I love his build. Great, straight legs, good shoulder, strong coupling... the only thing I can find to pick on is that his hindquarters have a lot less muscle than his shoulders but that is obviously due to the fact that he has spent half of his life as a pasture puff.


----------



## Kayella (Feb 11, 2012)

Haha thank you, Endiku  He definitely needs some toning in his hind end. His shoulder, however, is so muscled it's almost scary LOL. He is technically my mom's horse, but she rarely ever even comes out to see him so he's pretty much mine as I now spend as much time with him as I do with Henny.

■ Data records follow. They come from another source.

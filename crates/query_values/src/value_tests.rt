ghost use Rattle.std.specs.Prelude.{◌≡◌, IfOk};
ghost use Rattle.query_tokens.specs.Token.{shown};
ghost use Rattle.query_values.specs.reading.Values.{IsSpelled};

use super::*;
use bm_term::Term;
use query_tokens::{Token, TokenKind, tokens};
use std::alloc::Global;
use std::test::Fail;

/// The first token of a text.
fn first_token<'a>(alloc: Global, text: &'a str) -> Result<Token<'a>, Fail>
    ensures { IfOk result (λ token. IsSpelled (shown token)) }
{
    let list = tokens(alloc, text.as_bytes())?;
    tokens_are_spelled();
    if list.is_empty() {
        return Err(Fail::from("no token"));
    }
    let token = *list.get(0);
    match token.kind {
        TokenKind::Bad => Err(Fail::from("a bad token")),
        _ => Ok(token),
    }
}

/// The text of a term.
fn text_is(term: &Term, expected: &str) -> bool {
    term.as_ref().bytes() == expected.as_bytes()
}

#[test]
fn iris_and_prefixes(rt: HostRuntime) -> Result<(), Fail> {
    for (text, expected) in [
        ("<urn:a>", "urn:a"),
        ("<>", ""),
        ("<a\\u0062\\U0000E9E9>", "ab\u{e9e9}"),
    ] {
        let token = first_token(rt.alloc(), text)?;
        assert_eq!(rt; iri(rt.alloc(), token)?.as_str(), expected);
    }
    for (text, expected) in [("ex:a:b", "ex"), (":", ""), ("é.f:", "é.f")] {
        assert_eq!(rt; prefix(first_token(rt.alloc(), text)?), expected);
    }
    Ok(())
}

#[test]
fn local_names(rt: HostRuntime) -> Result<(), Fail> {
    for (text, expected) in [
        ("ex:a", "urn:a"),
        (":a\\-b\\~", "urn:a-b~"),
        ("ex:%41:1.2", "urn:%41:1.2"),
        ("ex:", "urn:"),
    ] {
        let token = first_token(rt.alloc(), text)?;
        assert_eq!(rt; prefixed_iri(rt.alloc(), "urn:", token)?.as_str(), expected);
    }
    Ok(())
}

#[test]
fn names_of_variables(rt: HostRuntime) -> Result<(), Fail> {
    assert_eq!(rt;
        variable_name(first_token(rt.alloc(), "?x1")?),
        b"x1".as_slice()
    );
    assert_eq!(rt;
        variable_name(first_token(rt.alloc(), "$x1")?),
        b"x1".as_slice()
    );
    Ok(())
}

#[test]
fn literals(rt: HostRuntime) -> Result<(), Fail> {
    for (text, expected) in [
        ("'a\"b\\n'", "\"a\\\"b\\n\""),
        ("\"it's\\u0041\"", "\"it'sA\""),
        ("''", "\"\""),
    ] {
        let token = first_token(rt.alloc(), text)?;
        assert!(rt;
            text_is(&plain_term(rt.alloc(), token)?, expected),
            "{text}"
        );
    }
    for (text, expected) in [
        (
            "+007",
            "\"+007\"^^<http://www.w3.org/2001/XMLSchema#integer>",
        ),
        (".50", "\".50\"^^<http://www.w3.org/2001/XMLSchema#decimal>"),
        ("1E0", "\"1E0\"^^<http://www.w3.org/2001/XMLSchema#double>"),
    ] {
        let token = first_token(rt.alloc(), text)?;
        assert!(rt;
            text_is(&number_term(rt.alloc(), token)?, expected),
            "{text}"
        );
    }
    Ok(())
}

#[test]
fn words(rt: HostRuntime) -> Result<(), Fail> {
    let truth = boolean_term(rt.alloc(), first_token(rt.alloc(), "True")?)?;
    assert!(rt;
        text_is(
            &truth,
            "\"true\"^^<http://www.w3.org/2001/XMLSchema#boolean>"
        )
    );
    let verb = type_term(rt.alloc())?;
    assert!(rt; text_is(&verb, "<http://www.w3.org/1999/02/22-rdf-syntax-ns#type>"));
    Ok(())
}

/// The literal of a string and the tag or the datatype after it.
fn literal(alloc: Global, string: &str, tail: &str) -> Result<Term, Fail> {
    let string = first_token(alloc, string)?;
    let tail = first_token(alloc, tail)?;
    match tail.kind {
        TokenKind::Tag => Ok(tagged_term(alloc, string, tail)?),
        _ => {
            iris_stand_for_what_they_spell();
            let datatype = iri(alloc, tail)?;
            Ok(typed_term(alloc, string, datatype.as_str())?)
        }
    }
}

#[test]
fn tails_of_literals(rt: HostRuntime) -> Result<(), Fail> {
    for (string, tail, expected) in [
        ("'a'", "@EN-gb", "\"a\"@en-gb"),
        ("'a'", "<urn:t>", "\"a\"^^<urn:t>"),
        ("'a'", "<http://www.w3.org/2001/XMLSchema#string>", "\"a\""),
    ] {
        let term = literal(rt.alloc(), string, tail)?;
        assert!(rt; text_is(&term, expected), "{string} {tail}");
    }
    Ok(())
}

That's how he was able to develop bad habits and is still very spooky and untrusting with us as he's just sat there and lived a spoiled pony life. But now that I've "opened my eyes" in working with Henny, I find myself loving working with Bubba. He is SO willing to please it's ridiculous. He doesn't have a mean bone in his body but he is quick to react out of fear. I'm hoping I can bring him out of his shell and make him more comfortable with the help of my trainer. 
_Posted via Mobile Device_


----------



## Kayella (Feb 11, 2012)

Bumping up again


----------



## toto (Mar 3, 2013)

I want a welshy now! Hes a little trophy horse, lol.


----------



## Kayella (Feb 11, 2012)

Haha thank you, Toto. I'm sure Bubba appreciates you fueling his ego. :lol:


----------



## thatsmehello (Sep 7, 2012)

I love this guy, he's adorable. I wouldn't worry too much about his weight, welsh mountain ponies are normally a little bit chunky. And he's got a really nice coat, you obviously take good care of him


----------



## Kayella (Feb 11, 2012)

Thanks! He's definitely an easy keeper. He's starting to really shine and dapple out now.


----------



## Chopsticks (Mar 11, 2012)

good lord he is adorable. i want to hug him. and on top of it he's darn handsome. i can't find anything wrong with him, looks like an excellent mover as well. I would def spend the time to get him fitted up and even more gorgeous!


----------



## Kayella (Feb 11, 2012)

Thank you! 
_Posted via Mobile Device_


----------